Exercise
For every line in the records that has the word "FieldRef", make a copy.

:: Available data

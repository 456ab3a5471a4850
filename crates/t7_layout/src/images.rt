//! The bytes of a message in which nothing is put, made once for each template.

ghost use Rattle.std.specs.Prelude.{◌≡◌, ◌≤◌, ◌+◌, ◌++◌, ◌^◌, ◌<◌, IfOk, OnOk, length, drop, replicate};
ghost use Rattle.byteorder.specs.Endian.{little_bytes};
ghost use Rattle.t7_layout.specs.Images.{IsHeld, null_bytes, number_bytes, patch, unset_bytes, with_header};
ghost use Rattle.t7_layout.specs.Layouts.{LaidOut};

use crate::fields::FieldRef;
use crate::roles::FieldName;
use crate::words::{Family, Kind};
use byteorder::{ByteOrder, LittleEndian};
use std::alloc::{AllocError, Global};

// Writes a number of a kind in the first bytes, so many of them.
fn write_number(out: &mut [u8], kind: Kind, width: usize, n: i128)
    requires low { 1 ≤ width }
    requires high { width ≤ 8 }
    requires room { width ≤ length out.old }
    requires held { IsHeld kind width n }
    ensures { out.new ≡ number_bytes width n ++ drop width out.old }
{
    match kind {
        Kind::Unsigned => LittleEndian::write_uint(out, n as u64, width),
        Kind::Signed => LittleEndian::write_int(out, n as i64, width),
        Kind::Raw => unreachable!(),
    }
}

// Adds a number of a kind, in so many bytes.
fn push_number(bytes: &mut Vec<u8>, kind: Kind, width: usize, n: i128) -> Result<(), AllocError>
    requires low { 1 ≤ width }
    requires high { width ≤ 8 }
    requires held { IsHeld kind width n }
    ensures { OnOk result (bytes.new.items ≡ bytes.old.items ++ number_bytes width n) }
{
    let mut spelled = [0u8; 8];
    write_number(&mut spelled, kind, width, n);
    bytes.extend_from_slice(&spelled[..width])
}

// Adds so many zeros.
fn push_zeros(bytes: &mut Vec<u8>, width: usize) -> Result<(), AllocError>
    ensures { OnOk result (bytes.new.items ≡ bytes.old.items ++ replicate width 0) }
{
    for _ in 0..width {
        bytes.push(0)?;
    }
    Ok(())
}

// Adds what a field has where nothing is put in it: its null, or zeros where it has none.
fn push_unset(bytes: &mut Vec<u8>, field: FieldRef) -> Result<(), AllocError>
    ensures { OnOk result (bytes.new.items ≡ bytes.old.items ++ null_bytes field.width field.null) }
{
    let width = field.width();
    match field.null() {
        Some(null) => push_number(bytes, field.kind(), width, null),
        None => push_zeros(bytes, width),
    }
}

// What fields have where nothing is put in them, one behind another.
fn unset(alloc: Global, fields: &[FieldRef]) -> Result<Vec<u8>, AllocError>
    ensures { IfOk result (λ v. v.items ≡ unset_bytes fields.now) }
{
    let mut bytes = Vec::new(alloc);
    for &field in fields {
        push_unset(&mut bytes, field)?;
    }
    Ok(bytes)
}

// Writes an unsigned number of so many bytes at a place.
fn write_at(out: &mut [u8], at: usize, width: usize, n: u64)
    requires low { 1 ≤ width }
    requires high { width ≤ 8 }
    requires room { at + width ≤ length out.old }
    requires fits { n < 256 ^ width }
    ensures bytes { out.new ≡ patch at (little_bytes width n) out.old }
    ensures same_length { length out.new ≡ length out.old }
{
    LittleEndian::write_uint(&mut out[at..], n, width);
}

// Writes BodyLen and TemplateID of a template of this family, id and length.
fn write_header(out: &mut [u8], family: Family, id: u16, size: usize)
    requires room { 8 ≤ length out.old }
    requires short { size ≤ 1024 }
    ensures bytes { out.new ≡ with_header family id size out.old }
    ensures same_length { length out.new ≡ length out.old }
{
    let width = FieldName::BodyLen.width(family);
    write_at(out, 0, width, size as u64);
    write_at(out, width, 2, id as u64);
}

/// The bytes of a message in which nothing is put, of a template of this family, id, length and fields.
pub(crate) fn image_of(
    alloc: Global,
    family: Family,
    id: u16,
    size: usize,
    fields: &[FieldRef],
) -> Result<Vec<u8>, AllocError>
    requires long { 8 ≤ size }
    requires short { size ≤ 1024 }
    requires laid { LaidOut 0 fields.now size }
    ensures { IfOk result (λ v. v.items ≡ with_header family id size (unset_bytes fields.now)) }
{
    let mut bytes = unset(alloc, fields)?;
    write_header(&mut bytes, family, id, size);
    Ok(bytes)
}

::::

Solved exercise
use crate::fields::FieldRef;
fn push_unset(bytes: &mut Vec<u8>, field: FieldRef) -> Result<(), AllocError>
fn unset(alloc: Global, fields: &[FieldRef]) -> Result<Vec<u8>, AllocError>
    fields: &[FieldRef],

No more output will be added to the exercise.